Originally published in Uber Engineering, June 9, 2017
At Uber, event forecasting enables us to future-proof our services based on anticipated user demand. The goal is to accurately predict where, when, and how many ride requests Uber will receive at any given time.
Extreme events—peak travel times such as holidays, concerts, inclement weather, and sporting events—only heighten the importance of forecasting for operations planning. Calculating demand time series forecasting during extreme events is a critical component of anomaly detection, optimal resource allocation, and budgeting.
Although extreme event forecasting is a crucial piece of Uber operations, data sparsity makes accurate prediction challenging. Consider New Year’s Eve (NYE), one of the busiest dates for Uber. We only have a handful of NYEs to work with, and each instance might have a different cohort of users. In addition to historical data, extreme event prediction also depends on numerous external factors, including weather, population growth, and marketing changes such as driver incentives.
A combination of classical time series models, such as those found in the standard R forecast package, and machine learning methods are often used to forecast special events.

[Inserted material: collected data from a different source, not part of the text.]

// The output for a program, a property and a witness: the refusals in their order, and then what the purpose asks for.
ghost use Rattle.std.specs.Prelude.{◌≡◌, None, IfOk, ◌<◌, ◌≤◌, length};
ghost use Rattle.c_parser.specs.Formed.{AreOrderly};
ghost use Rattle.c_parser.specs.Parsing.{source_view};
ghost use Rattle.wv_arguments.specs.Requests.{limits};
ghost use Rattle.wv_schema.specs.Shapes.{is_set};
ghost use Rattle.wv_yaml.specs.Canon.{Fits};
ghost use Rattle.wv_yaml.specs.Document.{max_depth};
ghost use Rattle.witval.specs.Inputs.{AreWithin};
ghost use Rattle.witval.specs.Kept.{Keeps, KeepsOfSource, KeepsOfTokens};
ghost use Rattle.witval.specs.Purposes.{IsKind, RightOnInputs, RightOnWork, meant, planned};
ghost use Rattle.witval.specs.Tasks.{RightOnProgram, holds_sets};
ghost use Rattle.witval.specs.inside.Allowed.{AllowsPurpose, AllowsWork, IsAllowed};
ghost use Rattle.witval.specs.inside.Keys.{HasShortKeys};
ghost use Rattle.witval.specs.inside.Rests.{RightOnLogs, RightOnModel, RightOnSegmentsAlone, RightOnSource, RightOnText, RightOnTokens, RightOnTree, RightOnWitness, RightUnder};

use crate::certificates::{certify_sets, recheck_sets};
use crate::input::Inputs;
use crate::output::Output;
use crate::purpose::{Purpose, Work};
use crate::refusal::{
    refuse_certificate, refuse_check, refuse_plainly, refuse_schema, refuse_syntax, refuse_task,
    refuse_tokens, refuse_yaml,
};
use crate::searching::seek_values;
use crate::sequence::judge_sequence;
use crate::sets::judge_sets;
use crate::tokens::program_tokens;
use crate::weeding::weed_sets;
use c_check::check;
use c_core::{DataModel, Program, Property};
use c_parser::{Source, parse};
use c_tokens::Token;
use std::alloc::Global;
use wv_arguments::Budgets;
use wv_base::{OutOfMemory, Seq};
use wv_cert::read_certificate;
use wv_report::Reply;
use wv_schema::{Content, Entry, Witness, witness_of};
use wv_task::{judge_task, property};
use wv_yaml::{Tree, read};

/// The output for three files of allowed length.
#[tactic(auto, using(crate::proofs::KeptLaws::nothing_kept))]
pub fn judge(
    alloc: Global,
    inputs: &Inputs,
    purpose: Purpose,
    kept: &mut Option<Program>,
) -> Result<Output, OutOfMemory>
    requires within { AreWithin inputs.now }
    requires allowed { AllowsPurpose (meant purpose) }
    requires none { kept.old ≡ None }
    ensures right { IfOk result
        (RightOnInputs (meant purpose) inputs.now.program.items inputs.now.property.items inputs.now.witness.items) }
    ensures kept { Keeps inputs.now.program.items kept.new }
{
    match property(&inputs.property) {
        Ok(property) => judge_bytes(
            alloc,
            property,
            &inputs.program,
            &inputs.witness,
            purpose,
            kept,
        ),
        Err(_) => Ok(Output::Report(refuse_plainly(alloc, "property")?)),
    }
}

/// The output for a program and the bytes of a witness.
#[tactic(auto, using(crate::proofs::KeptLaws::nothing_kept))]
pub fn judge_bytes(
    alloc: Global,
    property: Property,
    program: &[u8],
    witness: &[u8],
    purpose: Purpose,
    kept: &mut Option<Program>,
) -> Result<Output, OutOfMemory>
    requires program { length program.now ≤ 1048576 }
    requires allowed { AllowsPurpose (meant purpose) }
    requires none { kept.old ≡ None }
    ensures right { IfOk result (RightUnder (meant purpose) program.now witness.now property) }
    ensures kept { Keeps program.now kept.new }
{
    match read(alloc, witness) {
        Ok(tree) => judge_tree(alloc, property, program, &tree, purpose, kept),
        Err(fault) => Ok(Output::Report(refuse_yaml(alloc, fault)?)),
    }
}

/// The output for a program and the tree of its witness.
#[tactic(auto, using(crate::proofs::KeptLaws::nothing_kept))]
fn judge_tree(
    alloc: Global,
    property: Property,
    program: &[u8],
    tree: &Tree,
    purpose: Purpose,
    kept: &mut Option<Program>,
) -> Result<Output, OutOfMemory>
    requires program { length program.now ≤ 1048576 }
    requires fits { Fits max_depth tree.now }
    requires allowed { AllowsPurpose (meant purpose) }
    requires none { kept.old ≡ None }
    ensures right { IfOk result (RightOnTree (meant purpose) property program.now tree.now) }
    ensures kept { Keeps program.now kept.new }
{
    match witness_of(alloc, tree) {
        Ok(witness) => judge_witness(alloc, property, program, &witness, purpose, kept),
        Err(fault) => Ok(Output::Report(refuse_schema(alloc, fault)?)),
    }
}

/// The output for a program and its witness.
#[tactic(auto, using(crate::proofs::KeptLaws::nothing_kept))]
fn judge_witness(
    alloc: Global,
    property: Property,
    program: &[u8],
    witness: &Witness,
    purpose: Purpose,
    kept: &mut Option<Program>,
) -> Result<Output, OutOfMemory>
    requires program { length program.now ≤ 1048576 }
    requires entries { 0 < length witness.now.entries }
    requires keys { HasShortKeys witness.now }
    requires allowed { AllowsPurpose (meant purpose) }
    requires none { kept.old ≡ None }
    ensures right { IfOk result (RightOnWitness (meant purpose) property program.now witness.now) }
    ensures kept { Keeps program.now kept.new }
{
    match judge_task(alloc, witness, program, property) {
        Ok(model) => judge_model(alloc, property, program, model, witness, purpose, kept),
        Err(fault) => Ok(Output::Report(refuse_task(alloc, fault)?)),
    }
}

/// The output for the text of a program in a data model, and a witness about it: a certificate is made, or read, for
/// invariant sets alone, and only they are weeded; values are sought for violation sequences alone.
#[tactic(auto, using(crate::proofs::KeptLaws::nothing_kept))]
fn judge_model(
    alloc: Global,
    property: Property,
    program: &[u8],
    model: DataModel,
    witness: &Witness,
    purpose: Purpose,
    kept: &mut Option<Program>,
) -> Result<Output, OutOfMemory>
    requires program { length program.now ≤ 1048576 }
    requires keys { HasShortKeys witness.now }
    requires allowed { AllowsPurpose (meant purpose) }
    requires none { kept.old ≡ None }
    ensures right { IfOk result (RightOnModel (meant purpose) property program.now witness.now model) }
    ensures kept { Keeps program.now kept.new }
{
    match purpose {
        Purpose::Judge(budgets) => {
            let work = Work::Judge(budgets);
            judge_text(alloc, property, program, model, witness, work, kept)
        }
        Purpose::Certify(conflicts) => {
            if holds_sets(witness) {
                let work = Work::Certify(conflicts);
                judge_text(alloc, property, program, model, witness, work, kept)
            } else {
                refuse_kind(alloc)
            }
        }
        Purpose::Recheck(certificate) => {
            if holds_sets(witness) {
                let bytes = certificate.as_slice();
                judge_certificate(alloc, property, program, model, witness, bytes, kept)
            } else {
                refuse_kind(alloc)
            }
        }
        Purpose::Weed(conflicts) => {
            if holds_sets(witness) {
                let work = Work::Weed(conflicts);
                judge_text(alloc, property, program, model, witness, work, kept)
            } else {
                refuse_kind(alloc)
            }
        }
        Purpose::Seek { turns, conflicts } => {
            let work = Work::Seek { turns, conflicts };
            judge_segments_alone(alloc, property, program, model, witness, work, kept)
        }
    }
}

/// The output where something is to be done for violation sequences alone.
#[tactic(auto, using(crate::proofs::KeptLaws::nothing_kept))]
fn judge_segments_alone(
    alloc: Global,
    property: Property,
    program: &[u8],
    model: DataModel,
    witness: &Witness,
    work: Work,
    kept: &mut Option<Program>,
) -> Result<Output, OutOfMemory>
    requires program { length program.now ≤ 1048576 }
    requires keys { HasShortKeys witness.now }
    requires allowed { AllowsWork (planned work) }
    requires none { kept.old ≡ None }
    ensures right { IfOk result (RightOnSegmentsAlone (planned work) property program.now witness.now model) }
    ensures kept { Keeps program.now kept.new }
{
    if holds_sets(witness) {
        refuse_kind(alloc)
    } else {
        judge_text(alloc, property, program, model, witness, work, kept)
    }
}

/// The refusal of a witness of the other kind.
fn refuse_kind(alloc: Global) -> Result<Output, OutOfMemory>
    ensures { IfOk result IsKind }
{
    Ok(Output::Report(refuse_plainly(alloc, "kind")?))
}

/// The output for the text of a program in a data model, invariant sets about it, and the bytes of a certificate.
#[tactic(auto, using(crate::proofs::KeptLaws::nothing_kept))]
fn judge_certificate(
    alloc: Global,
    property: Property,
    program: &[u8],
    model: DataModel,
    witness: &Witness,
    certificate: &[u8],
    kept: &mut Option<Program>,
) -> Result<Output, OutOfMemory>
    requires program { length program.now ≤ 1048576 }
    requires keys { HasShortKeys witness.now }
    requires none { kept.old ≡ None }
    ensures right { IfOk result (RightOnLogs certificate.now property program.now witness.now model) }
    ensures kept { Keeps program.now kept.new }
{
    match read_certificate(alloc, certificate) {
        Ok(logs) => {
            let work = Work::Recheck(logs);
            judge_text(alloc, property, program, model, witness, work, kept)
        }
        Err(fault) => Ok(Output::Report(refuse_certificate(alloc, fault)?)),
    }
}

/// The output for the text of a program in a data model, and a witness about it.
#[tactic(auto, using(crate::proofs::KeptLaws::nothing_kept, crate::proofs::KeptLaws::of_bytes))]
fn judge_text(
    alloc: Global,
    property: Property,
    program: &[u8],
    model: DataModel,
    witness: &Witness,
    work: Work,
    kept: &mut Option<Program>,
) -> Result<Output, OutOfMemory>
    requires program { length program.now ≤ 1048576 }
    requires keys { HasShortKeys witness.now }
    requires allowed { AllowsWork (planned work) }
    requires none { kept.old ≡ None }
    ensures right { IfOk result (RightOnText (planned work) property program.now witness.now model) }
    ensures kept { Keeps program.now kept.new }
{
    match program_tokens(alloc, program) {
        Ok(tokens) => judge_tokens(alloc, property, &tokens, model, witness, work, kept),
        Err(fault) => Ok(Output::Report(refuse_tokens(alloc, fault)?)),
    }
}

/// The output for the tokens of a program, and a witness about it.
#[tactic(auto, using(crate::proofs::KeptLaws::nothing_kept, crate::proofs::KeptLaws::of_tokens))]
fn judge_tokens(
    alloc: Global,
    property: Property,
    tokens: &Seq<Token>,
    model: DataModel,
    witness: &Witness,
    work: Work,
    kept: &mut Option<Program>,
) -> Result<Output, OutOfMemory>
    requires orderly { AreOrderly tokens.now }
    requires keys { HasShortKeys witness.now }
    requires allowed { AllowsWork (planned work) }
    requires none { kept.old ≡ None }
    ensures right { IfOk result (RightOnTokens (planned work) property witness.now model tokens.now) }
    ensures kept { KeepsOfTokens property model tokens.now kept.new }
{
    match parse(alloc, tokens) {
        Ok(source) => judge_source(alloc, property, &source, model, witness, work, kept),
        Err(fault) => Ok(Output::Report(refuse_syntax(alloc, fault)?)),
    }
}

/// The output for a source, and a witness about it.
#[tactic(auto, using(crate::proofs::KeptLaws::nothing_kept))]
fn judge_source(
    alloc: Global,
    property: Property,
    source: &Source,
    model: DataModel,
    witness: &Witness,
    work: Work,
    kept: &mut Option<Program>,
) -> Result<Output, OutOfMemory>
    requires keys { HasShortKeys witness.now }
    requires allowed { AllowsWork (planned work) }
    requires none { kept.old ≡ None }
    ensures right { IfOk result (RightOnSource (planned work) property witness.now model (source_view source.now)) }
    ensures kept { KeepsOfSource property model (source_view source.now) kept.new }
{
    match check(alloc, source, model, property) {
        Ok(program) => {
            let output = judge_checked(alloc, &program, witness, work);
            *kept = Some(program);
            output
        }
        Err(fault) => Ok(Output::Report(refuse_check(alloc, fault)?)),
    }
}

/// The output for a program, and a witness about it.
fn judge_checked(
    alloc: Global,
    program: &Program,
    witness: &Witness,
    work: Work,
) -> Result<Output, OutOfMemory>
    requires keys { HasShortKeys witness.now }
    requires allowed { AllowsWork (planned work) }
    ensures { IfOk result (RightOnWork (planned work) witness.now program.now) }
{
    match work {
        Work::Judge(budgets) => {
            let reply = judge_program(alloc, program, witness, budgets)?;
            Ok(Output::Report(reply))
        }
        Work::Certify(conflicts) => certify_sets(alloc, program, witness, conflicts),
        Work::Recheck(logs) => recheck_sets(alloc, program, witness, &logs),
        Work::Weed(conflicts) => weed_sets(alloc, program, witness, conflicts),
        Work::Seek { turns, conflicts } => seek_values(alloc, program, witness, turns, conflicts),
    }
}

fn is_set(entry: &Entry) -> bool
    ensures { result ≡ is_set entry.now }
{
    match entry.content {
        Content::Violation(_) => false,
        Content::Invariants(_) => true,
    }
}

/// Whether one of the entries is an invariant set.
fn holds_sets(witness: &Witness) -> bool
    ensures { result ≡ holds_sets witness.now }
{
    let entries = witness.entries.as_slice();
    entries.iter().any(|entry| is_set(entry))
}

/// The reply to a program, and a witness about it.
fn judge_program(
    alloc: Global,
    program: &Program,
    witness: &Witness,
    budgets: Budgets,
) -> Result<Reply, OutOfMemory>
    requires { IsAllowed (limits budgets) }
    ensures { IfOk result (RightOnProgram (limits budgets) witness.now program.now) }
{
    if holds_sets(witness) {
        judge_sets(alloc, program, witness, budgets.conflicts)
    } else {
        judge_sequence(alloc, program, witness, budgets.steps)
    }
}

These approaches, however, are neither flexible nor scalable enough for Uber.
In this article, we introduce an Uber forecasting model that combines historical data and external factors to more precisely predict extreme events, highlighting its new architecture and how it compares to our previous model.
Creating Uber’s new extreme event forecasting model
Over time, we realized that in order to grow at scale we needed to upgrade our forecasting model to accurately predict extreme events across Uber markets.